Task goal:
Out of the lines below, please list those that hold the string "plain".

Supplied records:
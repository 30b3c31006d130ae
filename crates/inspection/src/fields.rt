// The fields by which records are compared, and their texts.
ghost use Rattle.std.specs.Prelude.{◌≡◌, ◌<◌, if◌then◌else◌};
ghost use Rattle.capture.specs.Kinds.{kind_number};
ghost use Rattle.capture.specs.Records.{plain};
ghost use Rattle.capture.specs.Exchanges.{mark_of, answered_word};
ghost use Rattle.capture.specs.Handed.{shown};
ghost use Rattle.inspection.specs.Texts.{kind_text, mark_text, octal_text, hex_digit, hex_text};

use capture::{Kind, Record};

// A record as records are compared; `answered` is its mark, and `word` may be one that was sent, so the two are no `Option`.
#[derive(Clone, Copy, PartialEq, Eq, Debug)]
pub struct Fields {
    pub kind: Kind,
    pub answered: bool,
    pub address: u16,
    pub word: u16,
}

fn of_reply(kind: Kind, address: u16, reply: Option<u16>) -> Fields
    ensures { plain (kind_number result.kind) (if result.answered then 1 else 0) result.address result.word ≡ plain (kind_number kind) (mark_of reply) address (answered_word reply) }
{
    Fields {
        kind,
        answered: reply.is_some(),
        address,
        word: reply.unwrap_or(0),
    }
}

pub fn fields_of(rec: Record) -> Fields
    ensures { plain (kind_number result.kind) (if result.answered then 1 else 0) result.address result.word ≡ shown rec.entry }
{
    match rec {
        Record::Read { address, reply, .. } => of_reply(Kind::Read, address, reply),
        Record::Write {
            address,
            word,
            answered,
            ..
        } => Fields {
            kind: Kind::Write,
            answered,
            address,
            word,
        },
        Record::WriteByte {
            address,
            byte,
            answered,
            ..
        } => Fields {
            kind: Kind::WriteByte,
            answered,
            address,
            word: u16::from(byte),
        },
        Record::Lines { word, .. } => of_reply(Kind::Lines, 0, Some(word)),
        Record::Vector { reply, .. } => of_reply(Kind::Vector, 0, reply),
        Record::Init { .. } => of_reply(Kind::Init, 0, Some(0)),
    }
}

// A kind in words, by its number. It takes no Kind: callers may give any number, and each has a text.
pub fn kind_text(kind: u8) -> &'static str
    ensures { result.now ≡ kind_text kind }
{
    match Kind::try_from(kind) {
        Ok(Kind::Read) => "word read",
        Ok(Kind::Write) => "word write",
        Ok(Kind::WriteByte) => "byte write",
        Ok(Kind::Lines) => "lines",
        Ok(Kind::Vector) => "vector",
        Ok(Kind::Init) | Err(_) => "INIT",
    }
}

// A mark in words. No Display, since what is shown is a bool.
pub fn mark_text(answered: bool) -> &'static str
    ensures { result.now ≡ mark_text (if answered then 1 else 0) }
{
    if answered { "answered" } else { "timed out" }
}

// A word in six octal digits, as listings write it.
pub fn octal(word: u16) -> [u8; 6]
    ensures { result ≡ octal_text word }
{
    listing::octal(word)
}

// By hand: the library's `char::from_digit` answers an Option, and in small letters.
fn hex_digit(digit: u8) -> u8
    requires { digit < 16 }
    ensures { result ≡ hex_digit digit }
{
    if digit < 10 {
        b'0' + digit
    } else {
        b'A' + (digit - 10)
    }
}

// A space and a byte in two hexadecimal digits.
pub fn hex(byte: u8) -> [u8; 3]
    ensures { result ≡ hex_text byte }
{
    [b' ', hex_digit(byte / 16), hex_digit(byte % 16)]
}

Answer to the problem:
ghost use Rattle.capture.specs.Records.{plain};
    ensures { plain (kind_number result.kind) (if result.answered then 1 else 0) result.address result.word ≡ plain (kind_number kind) (mark_of reply) address (answered_word reply) }
    ensures { plain (kind_number result.kind) (if result.answered then 1 else 0) result.address result.word ≡ shown rec.entry }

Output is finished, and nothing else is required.